§ Task to complete:
Copy each line from the entries that the word "auto" appears in.

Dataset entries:
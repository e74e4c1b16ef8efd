//! Why the directory refuses an entry or a context.

ghost use Rattle.std.specs.Prelude.{◌≡◌, Some};
ghost use Rattle.iom_ddt.specs.Directory.{decided_by, pointed_by, with_modes};
ghost use Rattle.iom_ddt.specs.Refusals.{IsReasonFor, IsReasonOf, context_refusal, entry_refusal, first_row, has_mode, msi_rows, stage_rows, why_refused};
ghost use Rattle.iom_ddt.specs.Words.{context_in};

use crate::Met;
use iom_bits::{Features, SV57, SV57X4, field, has_bit};

/// A word of the directory that has reserved bits ("Non-leaf DDT entry", "Device-context fields").
#[derive(Clone, Copy, PartialEq)]
pub enum DirectoryWord {
    /// A non-leaf entry.
    Entry,
    /// Of a context, tc.
    Tc,
    /// Of a context, ta.
    Ta,
    /// Of a context, fsc.
    Fsc,
    /// Of an extended context, msiptp.
    Msiptp,
    /// Of an extended context, msi_addr_mask.
    MsiAddrMask,
    /// Of an extended context, msi_addr_pattern.
    MsiAddrPattern,
    /// Of an extended context, the last word, all of which is reserved.
    Last,
}

/// Why the directory refuses what is met: the first row of the checks that applies ("Non-leaf DDT entry", "Device-context
/// configuration checks").
#[derive(Clone, Copy, PartialEq)]
pub enum Refusal {
    /// A byte of it lies outside memory.
    Outside,
    /// V is 0.
    Invalid,
    /// One of the bits from `high` down to `low` of this word is set, which must be 0.
    Reserved {
        /// The word.
        which: DirectoryWord,
        /// The highest of the bits.
        high: u8,
        /// The lowest.
        low: u8,
    },
    /// fsc.MODE, which no first stage here has.
    Mode(u8),
    /// iohgatp.MODE, which no second stage here has.
    SecondMode(u8),
    /// msiptp.MODE, which isn't Off or Flat.
    MsiMode(u8),
    /// iohgatp.PPN isn't a multiple of 4, and the second stage isn't Bare.
    Misaligned,
}

/// Why the directory of an IOMMU with these features refuses what is met; None if it is an entry that points on, or a context ("Process
/// to locate the Device-context").
pub fn why_refused(features: Features, met: &Met) -> Option<Refusal>
    ensures reason { result ≡ why_refused features met.now }
    ensures exact { IsReasonFor result (decided_by features met.now) }
{
    match met {
        Met::Entry { word: None, .. } | Met::Leaf { words: None, .. } => Some(Refusal::Outside),
        Met::Entry {
            word: Some(entry),
            ..
        } => entry_refusal(*entry),
        Met::Leaf {
            words: Some(words),
            ..
        } => context_refusal(features, *words),
    }
}

/// Why a non-leaf entry of a directory is refused, a process directory's as well, which has the same form; None if it points on
/// ("Non-leaf DDT entry").
#[tactic(auto, unfolding(crate::specs::Refusals::entry_refusal))]
pub fn entry_refusal(entry: u64) -> Option<Refusal>
    ensures row { result ≡ entry_refusal entry }
    ensures exact { IsReasonOf result (pointed_by (Some entry)) }
{
    if !has_bit(entry, 0) {
        Some(Refusal::Invalid)
    } else if field(entry, 1, 9) != 0 {
        reserved(DirectoryWord::Entry, 9, 1)
    } else if field(entry, 54, 10) != 0 {
        reserved(DirectoryWord::Entry, 63, 54)
    } else {
        None
    }
}

// Why a context is refused.
#[tactic(auto, unfolding(crate::specs::Refusals::context_refusal))]
fn context_refusal(features: Features, words: [u64; 8]) -> Option<Refusal>
    ensures row { result ≡ context_refusal features words }
    ensures exact { IsReasonOf result (with_modes features (context_in words)) }
{
    let [tc, iohgatp, ta, fsc, msiptp, mask, pattern, last] = words;
    if !has_bit(tc, 0) {
        Some(Refusal::Invalid)
    } else if field(tc, 1, 3) != 0 {
        reserved(DirectoryWord::Tc, 3, 1)
    } else if field(tc, 5, 7) != 0 {
        reserved(DirectoryWord::Tc, 11, 5)
    } else if field(tc, 12, 12) != 0 {
        reserved(DirectoryWord::Tc, 23, 12)
    } else if field(tc, 32, 32) != 0 {
        reserved(DirectoryWord::Tc, 63, 32)
    } else if field(ta, 1, 11) != 0 {
        reserved(DirectoryWord::Ta, 11, 1)
    } else if field(ta, 32, 32) != 0 {
        reserved(DirectoryWord::Ta, 63, 32)
    } else if field(fsc, 44, 16) != 0 {
        reserved(DirectoryWord::Fsc, 59, 44)
    } else {
        match msi_refusal(msiptp, mask, pattern, last) {
            Some(why) => Some(why),
            None => stage_refusal(features, fsc, iohgatp),
        }
    }
}

// Why a context is refused for what it says of its MSI page table.
fn msi_refusal(msiptp: u64, mask: u64, pattern: u64, last: u64) -> Option<Refusal>
    ensures { result ≡ first_row (msi_rows msiptp mask pattern last) }
{
    let mode = field(msiptp, 60, 4);
    if field(msiptp, 44, 16) != 0 {
        reserved(DirectoryWord::Msiptp, 59, 44)
    } else if mode > 1 {
        Some(Refusal::MsiMode(mode as u8))
    } else if field(mask, 52, 12) != 0 {
        reserved(DirectoryWord::MsiAddrMask, 63, 52)
    } else if field(pattern, 52, 12) != 0 {
        reserved(DirectoryWord::MsiAddrPattern, 63, 52)
    } else if last != 0 {
        reserved(DirectoryWord::Last, 63, 0)
    } else {
        None
    }
}

// Why a context is refused whose other bits are as they must be.
fn stage_refusal(features: Features, fsc: u64, iohgatp: u64) -> Option<Refusal>
    ensures { result ≡ first_row (stage_rows features fsc iohgatp) }
{
    let mode = field(fsc, 60, 4);
    let second_mode = field(iohgatp, 60, 4);
    if !has_mode(features.has(SV57), mode) {
        Some(Refusal::Mode(mode as u8))
    } else if !has_mode(features.has(SV57X4), second_mode) {
        Some(Refusal::SecondMode(second_mode as u8))
    } else if second_mode != 0 && field(iohgatp, 0, 44) % 4 != 0 {
        Some(Refusal::Misaligned)
    } else {
        None
    }
}

/// Whether the IOMMU has a mode of a stage, fsc.MODE or iohgatp.MODE: 10 only if it offers it ("Device-context fields").
pub fn has_mode(offered: bool, mode: u64) -> bool
    ensures { result ≡ has_mode offered mode }
{
    matches!(mode, 0 | 8 | 9 | 10) && (offered || mode != 10)
}

// Bits that must be 0.
fn reserved(which: DirectoryWord, high: u8, low: u8) -> Option<Refusal>
    ensures { result ≡ Some (Refusal.Reserved which high low) }
{
    Some(Refusal::Reserved { which, high, low })
}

§ Completed exercise:
#[tactic(auto, unfolding(crate::specs::Refusals::entry_refusal))]
#[tactic(auto, unfolding(crate::specs::Refusals::context_refusal))]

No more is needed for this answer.